幹を太くするために切らずに伸ばしてある枝。枝があることによって枝の下の幹が太くなります。必要な太さになったら、切り捨てられるので「犠牲枝」といいます。

きょくづけ【曲付け】

針金などを使って幹や枝に曲がりをつけることをいいます。「模様を入れる」とも言います。

きりこみ

剪定の意味です。

きりもどし【切り戻し】

「追い込み」ともいいます。枝の幹に近いところ(フトコロ)まで枝の先端から切っていく剪定方法です。切り戻しをすることで、新しい芽を育てて枝が更新されるようにします。

くいつきえだ【食い付き枝】

幹に食いついて見えるような小さな枝のことをいいます。文人木のように枝数の少ない木では、食いつき枝が味わいを生み出します。

けいせいそう【形成層】

形成層2
幹や枝、根の皮の内側にあって肥大、生長をするための分裂組織です。形成層があるのが木、ないのが草です。取り木で環状剥皮をする際はすべて取り去ります。
参考記事はこちらです。
木と草の見分け方|ミニ盆栽用の素材探し

けっかし【結果枝】

実のなる可能性のある枝のことをいいます。

けんがい【懸崖】

崖にしがみつくように生きる木の姿を表した樹形を懸崖といいます。木の先端が鉢の縁より下にあるのを半懸崖。鉢の底よりも下にあるのを懸崖といいます。

こけじゅん【コケ順】

根元から樹冠にかけて徐々に細くなる様子をこけじゅんといいます。こけじゅんが整っている木は大木の感じが良く出ます。無理なく細くなるのが理想で、根元だけ太いのはバランスが悪く見えます。
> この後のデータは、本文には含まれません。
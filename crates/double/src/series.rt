// The polynomials of document 01 with their tables as doubles: forward, its derivative, and inverse, on each ellipsoid.
// Each literal is the double nearest to the table's decimal, which the contracts say by `doubles`.
ghost use Rattle.std.specs.Prelude.{◌≡◌};
ghost use Rattle.rules.specs.Scaled.{unit, derivative};
ghost use Rattle.rules.specs.Systems.{constants, a_coefficients, b_coefficients};
ghost use Rattle.terms.specs.Papers.{ellipsoid_of};
ghost use Rattle.double.specs.Complex.{horner};
ghost use Rattle.double.specs.Exact.{doubles};

use crate::{Pair, polynomial};
use terms::Ellipsoid;

const FORWARD_GRS80: [f64; 7] = [
    5765181.11148097,
    499800.81713800,
    -63.81145283,
    0.83537915,
    0.13046891,
    -0.00111138,
    -0.00010504,
];

const FORWARD_KRASOVSKY: [f64; 7] = [
    5765180.49758330,
    499800.87112376,
    -63.80172299,
    0.83512434,
    0.13044472,
    -0.00111100,
    -0.00010501,
];

// a0 + a1 * z + .. + a6 * z^6
// One `match` a polynomial, here and below: the tables differ in length and in meaning, and one function for the three would take the choice as a second parameter.
pub fn forward(ellipsoid: Ellipsoid, z: Pair) -> Pair
    ensures { result ≡ horner (doubles unit (a_coefficients (constants (ellipsoid_of ellipsoid)))) z }
{
    match ellipsoid {
        Ellipsoid::Grs80 => polynomial(&FORWARD_GRS80, z),
        Ellipsoid::Krasovsky => polynomial(&FORWARD_KRASOVSKY, z),
    }
}

const DERIVATIVE_GRS80: [f64; 6] = [
    499800.81713800,
    -127.62290566,
    2.50613745,
    0.52187564,
    -0.00555690,
    -0.00063024,
];

const DERIVATIVE_KRASOVSKY: [f64; 6] = [
    499800.87112376,
    -127.60344598,
    2.50537302,
    0.52177888,
    -0.00555500,
    -0.00063006,
];

// a1 + 2 * a2 * z + .. + 6 * a6 * z^5
pub fn derivative(ellipsoid: Ellipsoid, z: Pair) -> Pair
    ensures { result ≡ horner (doubles unit (derivative (a_coefficients (constants (ellipsoid_of ellipsoid))))) z }
{
    match ellipsoid {
        Ellipsoid::Grs80 => polynomial(&DERIVATIVE_GRS80, z),
        Ellipsoid::Krasovsky => polynomial(&DERIVATIVE_KRASOVSKY, z),
    }
}

const INVERSE_GRS80: [f64; 7] = [
    5760000.0,
    500199.26224125,
    63.88777449,
    -0.82039170,
    -0.13125817,
    0.00101782,
    0.00010778,
];

const INVERSE_KRASOVSKY: [f64; 7] = [
    5760000.0,
    500199.20821246,
    63.87801231,
    -0.82014111,
    -0.13123362,
    0.00101747,
    0.00010775,
];

// b0 + b1 * z + .. + b6 * z^6
pub fn inverse(ellipsoid: Ellipsoid, z: Pair) -> Pair
    ensures { result ≡ horner (doubles unit (b_coefficients (constants (ellipsoid_of ellipsoid)))) z }
{
    match ellipsoid {
        Ellipsoid::Grs80 => polynomial(&INVERSE_GRS80, z),
        Ellipsoid::Krasovsky => polynomial(&INVERSE_KRASOVSKY, z),
    }
}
ところが、自然界には途中から急に細くなる木もあるので、自然な感じが出ていれば良いと思います。

こしだか【腰高】

根元から一の枝までが長いこと。文人木には腰高が魅力になることが多いのですが、斜幹や直幹では逆に不安定な感じになってしまいます。

こしみず【腰水】

水盤など穴の開いていない浅い器に水を張り、鉢を乗せて底から水を吸わせる方法。夏の暑い時期の乾燥を防ぐのに有効な方法です。周囲の空気の湿度が上がるので乾燥しにくくなります。ただし、鉢ごと水に浸かるほど深く浸すと、酸欠を起こして根が弱ります。

こずむ【小ずむ】

枝や葉の間に間延びがなく、木全体が引き締まった状態を言います。芽摘み、葉刈り、切り戻しなどを丹念にすることによって、こずんできます。

ごろつち【ゴロ土】

鉢の底に浅く敷く粒の大きな用土のことです。植土よりも粒が大きいので水はけを良くし、水が抜けた後は空気が入りやすくなるので、根に酸素を供給できます。ゴロ土を入れ過ぎると乾きが早くなります。浅い鉢ではゴロ土を使わないで植え付けることもあります。